Presuming competence
The clinical and ethical stance that a person's intelligence and personhood are intact until reliably demonstrated otherwise — a higher evidentiary bar than the default 'absent until proven present' stance.
Least dangerous assumption
Anne Donnellan's principle that, under uncertainty, clinicians should adopt the assumption whose consequences would be least harmful if it turns out to be wrong. Almost always favors presuming competence.
Eye-tracking evidence
Studies that record where a typist's eyes are looking before they reach for a letter. Findings of target-anticipatory gaze are difficult to reconcile with strong-form facilitator-authorship accounts.

Identity

Nonspeaking
A descriptor preferred by many autistic communicators who do not reliably speak.
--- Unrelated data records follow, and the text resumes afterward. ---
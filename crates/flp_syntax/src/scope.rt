//! The loops round a place, and the gadgets, by their names.
ghost use Rattle.std.specs.Prelude.{◌≡◌, ◌<◌, length, map, IfOk, IfSome};
ghost use Rattle.flp_syntax.specs.Scope.{bound_value, inside, gadget_number};
ghost use Rattle.flp_syntax.specs.View.{declaration_of, scope_of};

use crate::syntax::Decl;
use std::alloc::{AllocError, Global};

/// A loop's variable and its value at this turn.
#[derive(Clone, Copy)]
pub struct Bound<'a> {
    pub name: &'a [u8],
    pub value: u32,
}

/// The value of a loop's variable; 0 where the name is none.
pub fn bound_value(scope: &[Bound], name: &[u8]) -> u32
    ensures { result ≡ bound_value (scope_of scope.now) name.now }
{
    for bound in scope {
        if bound.name == name {
            return bound.value;
        }
    }
    0
}

/// The scope inside a turn of a loop of this name.
pub fn inside<'a>(
    alloc: Global,
    scope: &[Bound<'a>],
    name: &'a [u8],
    value: u32,
) -> Result<Vec<Bound<'a>>, AllocError>
    ensures { IfOk result (λ inner. scope_of inner.items ≡ inside (scope_of scope.now) name.now value) }
{
    let mut inner = scope.to_vec(alloc)?;
    inner.push(Bound { name, value })?;
    Ok(inner)
}

/// The number of the first gadget of this name.
pub fn gadget_number(gadgets: &[Decl], name: &[u8]) -> Option<usize>
    ensures first { result ≡ gadget_number (map declaration_of gadgets.now) name.now }
    ensures within { IfSome result (λ number. number < length gadgets.now) }
{
    for (number, decl) in gadgets.iter().enumerate() {
        if decl.name.as_slice() == name {
            return Some(number);
        }
    }
    None
}
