/// Writes a script of a directory without what can't be loaded, or only lists that. Returns 3 if
/// something was left out and no fault was reported.
fn load_rest<'a>(
    rt: &'a HostRuntime,
    disk: &DiskSource<'a>,
    causes: &'a Causes,
    loading: &Loading<'_>,
    most: Limits,
) -> u8 {
    let allowed = CopyLimits {
        file_size: most.file_size,
        links: most.links,
        set_id: loading.set_id,
    };
    let top = loading.spelling.top();
    let skipping = SkippingSource::new(rt, disk, causes, allowed, top, loading.check);
    let needs = needs_of(
        rt.alloc(),
        most,
        loading.set_id,
        loading.spelling,
        &skipping,
    );
    skipping.begin();
    let status = load_from(rt, &skipping, causes, loading, needs);
    let Ok(has_left_out) = skipping.tell() else {
        return report_fault(&mut rt.stderr(), fault_line(PlayFault::Memory));
    };
    if has_left_out && status == 0 {
        return 3;
    }
    status
}

/// Writes a script of a source, which needs this, to standard output. Writes none if the source is
/// only checked.
fn load_from<S: Source>(
    rt: &HostRuntime,
    source: &S,
    causes: &Causes,
    loading: &Loading<'_>,
    needs: Result<Limits, Memory>,
) -> u8 {
    let Ok(needs) = needs else {
        return report_fault(&mut rt.stderr(), fault_line(PlayFault::Memory));
    };
    causes.forget();
    let status = if loading.check {
        load_to(rt, source, loading, needs, io::sink())
    } else {
        load_to(rt, source, loading, needs, Noted::new(rt.stdout(), causes))
    };
    if status == 1 {
        causes.tell(rt);
    }
    status
}

/// Hands a script of a source, which needs this, to a writer. If standard output is a terminal,
/// progress is not shown, because the script itself shows it.
fn load_to<S: Source, W: Write + Drop>(
    rt: &HostRuntime,
    source: &S,
    loading: &Loading<'_>,
    needs: Limits,
    script: W,
) -> u8 {
    let alloc = rt.alloc();
    let form = Form {
        limits: needs,
        spelling: loading.spelling,
    };
    let set_id = loading.set_id;
    let screen = screen(rt, loading.quiet || rt.stdout().is_terminal());
    let mut errors = Explained::of_directory(rt);
    let (_writer, status) = load_status(
        rt,
        alloc,
        form,
        set_id,
        source,
        screen,
        script,
        &mut errors,
    );
    status
}

/// Makes a directory of the tree with which standard input ends, or changes one that exists. Its
/// files are no larger than is requested.
fn save_dir(rt: &HostRuntime, dir: &str, how: AskedSave, asked: AskedLimits) -> u8 {
    let causes = Causes::new();
    let limits = asked.over(Limits::greatest());
    let allowed = CopyLimits {
        file_size: limits.file_size,
        links: limits.links,
        set_id: how.set_id,
    };
    let status = if how.into {
        save_into(rt, dir, how, allowed, &causes)
    } else {
        save_new(rt, dir, how, allowed, &causes)
    };
    if status == 1 {
        causes.tell(rt);
    }
    status
}

/// Makes a directory of the tree with which standard input ends, and returns the status to end
/// with.
fn save_new<'a>(
    rt: &'a HostRuntime,
    dir: &'a str,
    how: AskedSave,
    allowed: CopyLimits,
    causes: &'a Causes,
) -> u8 {
    let alloc = rt.alloc();
    let target = DiskTarget::new(rt, dir, causes, !how.no_owners, how.sync);
    let mut target = ShownTarget::new(rt, alloc, target, screen(rt, how.quiet));
    let mut replies = Noted::new(rt.stdin(), causes);
    let mut errors = Explained::of_replies(rt);
    save_status(alloc, allowed, &mut replies, &mut target, &mut errors)
}

/// Changes a directory until it holds the tree with which standard input ends. The steps are listed
/// on standard output. Returns the status to end with.
fn save_into<'a>(
    rt: &'a HostRuntime,
    dir: &'a str,
    how: AskedSave,
    allowed: CopyLimits,
    causes: &'a Causes,
) -> u8 {
    let disk = DiskSource::new(rt, dir, causes, true);
    disk.begin();
    let maker = DiskMaker::new(rt, dir, causes, !how.no_owners, how.sync);
    let into = Into {
        wishes: Wishes {
            removes: how.remove,
            owners: !how.no_owners && is_superuser(rt),
        },
        is_dry: how.dry_run,
    };
    let mut replies = Noted::new(rt.stdin(), causes);
    let mut list = Noted::new(rt.stdout(), causes);
    let mut errors = Explained::of_replies(rt);
    let (_maker, status) = into_status(
        rt.alloc(),
        allowed,
        into,
        &mut replies,
        &disk,
        maker,
        &mut list,
        &mut errors,
    );
    status
}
Often preferred to 'nonverbal,' which inaccurately implies absence of language.
Unreliable speaker
A person who has some speech but cannot count on it to convey what they mean — for example, scripts that don't match intent, or speech that drops out under stress.
Profound autism
A proposed clinical category for autistic people who are minimally or nonspeaking and require 24/7 support. The label is contested by many nonspeaking advocates, who argue it is used to justify lower expectations.
Communication partner
A trained, trusted person who provides the physical, sensory, verbal, or emotional support a typist needs to produce text. Sometimes called a facilitator.
Self-advocate
A disabled person who speaks (or types) for themselves about their own life and the systems that affect it.

Organizations

I-ASC
The International Association for Spelling as Communication — the organization that trains and credentials Spelling to Communicate (S2C) practitioners.
C4A Academy
A free, multi-lesson video and resource library from Communication4All.org that teaches families and schools how to support nonspeakers learning text-based communication.
Spellers Freedom Foundation
A nonprofit advancing the rights and access of nonspeaking communicators, growing out of the Spellers documentary community.
ASHA
The American Speech-Language-Hearing Association. Its position statements have historically opposed FC; the position statements are not the same as the underlying evidence.

Clinical

Evidence-based practice (EBP)
In ASHA's framing, the integration of best available external evidence, internal clinical expertise, and the values and preferences of the individual and family. All three pillars are required, not optional.
Outcome measure
A way of quantifying change as a result of intervention — for example, words per minute, independence level, message length, novel utterances, or quality-of-life indicators.
Locked-in syndrome
A neurological condition in which a person is conscious and cognitively intact but cannot move or speak. A historically useful analogy for the experience many nonspeaking communicators describe.